Another significant change in unionfs is the elimination of theioctl() interface for the management of branches. All changes to an existing unionfs are now done using the remount option of themount command. This change eliminates the need for a separate utility for unionfs configuration and makes it possible to do complicated changes in an atomic manner.
The end result of all this is that the unionfs hackers think that the time has come to put the code into the mainline. There, it would become the second supported stacking filesystem (the first being eCryptfs), and would help toward the long-term goal of making the VFS layer work better with stacking. Some people speak as if the merging of unionfs into 2.6.25 is a done deal, but that is not yet guaranteed. Christoph Hellwig, whose opinion on such things carries a heavy weight, is opposed to the unionfs idea:
I think we made it pretty clear that unionfs is not the way to go, and that we'll get the union mount patches clear once the per-mountpoint r/o and unprivileged mount patches series are in and stable.
Unionfs hacker Erez Zadok responds that unionfs is working - and used - now, while getting union support into the VFS is a distant prospect. So he recommends:
I think a better approach would be to start with Unionfs (a standalone file system that doesn't touch the rest of the kernel). And as Linux gradually starts supporting more and more features that help unioning/stacking in general, to change Unionfs to use those features (e.g., native whiteout support). Eventually there could be basic unioning support at the VFS level, and concurrently a file-system which offers the extra features (e.g., persistency).

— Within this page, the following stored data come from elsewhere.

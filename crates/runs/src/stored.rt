// What comes of a case of stored books, or of two books:
//   file B B ..         the kept file is these bytes from now on
//   more B B ..         these bytes are put behind those of the kept file
//   put AT BYTE         the byte at place AT of the kept file, from 0 on, is this one from now on
//   store ROOM          the file of the kept book is written to an output of so many bytes, each # before, and is the kept file from now on
//   load ROOM           the kept file is read into a slice of so many words, each 9 before
//   front N ROOM        so are its first N bytes
//   with AT BYTE ROOM   so is that file with another byte at place AT
//   start ROOM          it is read into the kept book's slice, which has so many words from now on, each 9 before
//   trip                the file of the kept book is written, and read into a slice of as many words as the book's
//   again               the kept file is read into a slice of 16,384 words, and what is read is written
//   swap                the kept book and the other, of which there is none at first, change places
// All calls are made through the functions for C (`ofb`).
ghost use Rattle.std.specs.Prelude.{◌≤◌, length, IfOk};

use crate::forms;
use figures::limits::MOST_BOOK_WORDS;
use figures::numbers::DONE;
use runs_kit::fault::Fault;
use runs_kit::kept::{self, BEFORE, Kept, MOST_FILE};
use runs_kit::lent::{self, HELD_BYTE};
use runs_kit::say::Slice;
use runs_kit::{line, say};
use std::{fmt, mem};

// Runs a case of `file`, and says how many bytes the file has.
pub fn file(rt: &(impl Print + AllocGlobal), given: &[u16], kept: &mut Kept) -> Result<(), Fault> {
    kept.keep_file(rt.alloc(), given)?;
    print!(rt; "{} bytes", kept.file.len())?;
    Ok(())
}

// Runs a case of `more`, and says how many bytes the file has then.
pub fn more(rt: &(impl Print + AllocGlobal), given: &[u16], kept: &mut Kept) -> Result<(), Fault> {
    kept.add_to_file(rt.alloc(), given)?;
    print!(rt; "{} bytes", kept.file.len())?;
    Ok(())
}

// Puts a byte at a place of a file, and gives the one that stood there; where there is no such place or no such byte, nothing is put.
fn change(file: &mut [u8], at: u16, byte: u16) -> Option<u8> {
    let byte = u8::try_from(byte).ok()?;
    let place = file.get_mut(usize::from(at))?;
    Some(mem::replace(place, byte))
}

// Runs a case of `put`, and says the byte that stood there.
pub fn put(rt: &impl Print, given: &[u16], kept: &mut Kept) -> Result<(), Fault> {
    let &[at, byte] = given else {
        return Err(Fault::NotUnderstood);
    };
    let old = change(&mut kept.file, at, byte).ok_or(Fault::NotUnderstood)?;
    print!(rt; "was {old}")?;
    Ok(())
}

// Runs a case of `store`; where nothing was written, the kept file stays.
pub fn store(rt: &(impl Print + AllocGlobal), given: &[u16], kept: &mut Kept) -> Result<(), Fault> {
    let &[room] = given else {
        return Err(Fault::NotUnderstood);
    };
    let room = line::room(usize::from(room), MOST_FILE)?;
    let mut out = vec![in rt.alloc(); HELD_BYTE; room]?;
    let written = forms::told(ofb::ofb_write_file(&kept.book, &mut out));
    lent::bytes(rt, written, &out)?;
    if (1..=out.len()).contains(&written.count) {
        out.truncate(written.count);
        kept.file = out;
    }
    Ok(())
}

// Reads a file into a slice of so many words, says the answer and every word of the slice, and gives it.
fn read_in(rt: &(impl Print + AllocGlobal), file: &[u8], room: u16) -> Result<Vec<u16>, Fault> {
    let mut slice = kept::slice(rt.alloc(), room)?;
    let answer = ofb::ofb_read_file(file, &mut slice);
    print!(rt; "{}, line {}:{}", answer.number, answer.line, Slice(&slice))?;
    Ok(slice)
}

// Runs a case of `load`.
pub fn load(rt: &(impl Print + AllocGlobal), given: &[u16], kept: &Kept) -> Result<(), Fault> {
    let &[room] = given else {
        return Err(Fault::NotUnderstood);
    };
    read_in(rt, &kept.file, room)?;
    Ok(())
}

// Runs a case of `start`.
pub fn start(rt: &(impl Print + AllocGlobal), given: &[u16], kept: &mut Kept) -> Result<(), Fault> {
    let &[room] = given else {
        return Err(Fault::NotUnderstood);
    };
    kept.book = read_in(rt, &kept.file, room)?;
    Ok(())
}

// Runs a case of `front`.
pub fn front(rt: &(impl Print + AllocGlobal), given: &[u16], kept: &Kept) -> Result<(), Fault> {
    let &[count, room] = given else {
        return Err(Fault::NotUnderstood);
    };
    let front = kept
        .file
        .get(..usize::from(count))
        .ok_or(Fault::NotUnderstood)?;
    read_in(rt, front, room)?;
    Ok(())
}

// Runs a case of `with`; the kept file stays.
pub fn with(rt: &(impl Print + AllocGlobal), given: &[u16], kept: &Kept) -> Result<(), Fault> {
    let &[at, byte, room] = given else {
        return Err(Fault::NotUnderstood);
    };
    let mut file = kept.file.clone()?;
    change(&mut file, at, byte).ok_or(Fault::NotUnderstood)?;
    read_in(rt, &file, room)?;
    Ok(())
}

// Why a book is not written and read back, or a file not read and written back.
#[derive(Clone, Copy)]
enum Stopped {
    WritingRefused(u16),
    ReadingRefused(u16),
    MoreThanLent,
}

impl fmt::Display for Stopped {
    fn fmt<W: fmt::Write>(&self, f: &mut fmt::Formatter<W>) -> fmt::Result {
        match self {
            Stopped::WritingRefused(number) => write!(f, "writing refused by {number}"),
            Stopped::ReadingRefused(number) => write!(f, "reading refused by {number}"),
            Stopped::MoreThanLent => write!(f, "more than was lent"),
        }
    }
}

// Writes the file of a book to an output, and gives what was written.
fn written<'a>(book: &[u16], out: &'a mut [u8]) -> Result<&'a [u8], Stopped>
    ensures { IfOk result (λ file. length file.now ≤ length out.old) }
{
    let answer = ofb::ofb_write_file(book, out);
    if answer.number != DONE {
        return Err(Stopped::WritingRefused(answer.number));
    }
    out.get(..answer.written as usize)
        .ok_or(Stopped::MoreThanLent)
}

// Reads a file into a slice.
fn read(file: &[u8], slice: &mut [u16]) -> Result<(), Stopped> {
    match ofb::ofb_read_file(file, slice).number {
        DONE => Ok(()),
        number => Err(Stopped::ReadingRefused(number)),
    }
}

// Whether a book comes back from its file in every word, by an output for the file and a slice of as many words.
fn is_back(book: &[u16], out: &mut [u8], slice: &mut [u16]) -> Result<bool, Stopped> {
    read(written(book, out)?, slice)?;
    Ok(book == slice)
}

// Whether a file comes back from what is read of it, by a slice for that and an output.
fn is_again(file: &[u8], slice: &mut [u16], out: &mut [u8]) -> Result<bool, Stopped> {
    read(file, slice)?;
    Ok(file == written(slice, out)?)
}

// Says whether what came back is the same, or why nothing did.
fn said(rt: &impl Print, back: Result<bool, Stopped>) -> Result<(), Fault> {
    match back {
        Ok(same) => print!(rt; "{}", say::came_back(same))?,
        Err(stopped) => print!(rt; "{stopped}")?,
    }
    Ok(())
}

// Runs a case of `trip`.
pub fn trip(rt: &(impl Print + AllocGlobal), given: &[u16], kept: &Kept) -> Result<(), Fault> {
    if !given.is_empty() {
        return Err(Fault::NotUnderstood);
    }
    let mut out = vec![in rt.alloc(); HELD_BYTE; MOST_FILE]?;
    let mut slice = vec![in rt.alloc(); BEFORE; kept.book.len()]?;
    said(rt, is_back(&kept.book, &mut out, &mut slice))
}

// Runs a case of `again`.
pub fn again(rt: &(impl Print + AllocGlobal), given: &[u16], kept: &Kept) -> Result<(), Fault> {
    if !given.is_empty() {
        return Err(Fault::NotUnderstood);
    }
    let mut slice = vec![in rt.alloc(); BEFORE; MOST_BOOK_WORDS]?;
    let mut out = vec![in rt.alloc(); HELD_BYTE; MOST_FILE]?;
    said(rt, is_again(&kept.file, &mut slice, &mut out))
}

// Runs a case of `swap`.
pub fn swap(rt: &impl Print, given: &[u16], kept: &mut Kept) -> Result<(), Fault> {
    if !given.is_empty() {
        return Err(Fault::NotUnderstood);
    }
    kept.swap_books();
    print!(rt; "done")?;
    Ok(())
}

When one looks at a recent posting of the union mount patch, it's hard to see them as a near-term solution. As described by its author (Bharata Rao), this work is in an early, exploratory state; there are a number of problems for which solutions are not really in sight. The union mount approach, which does the hard work in the VFS layer, may well be the right long-term approach, but it will not be in a state where it can be shipped to users anytime soon.
In the end, the problem is a hard one, and unionfs has a considerable lead toward being a real solution. That, alone, is not enough to guarantee that unionfs will make it into the 2.6.25 kernel, but it does help that cause considerably. Anybody opposing the merger of unionfs will have to explain why the union filesystem capability should not be available to Linux users in 2008.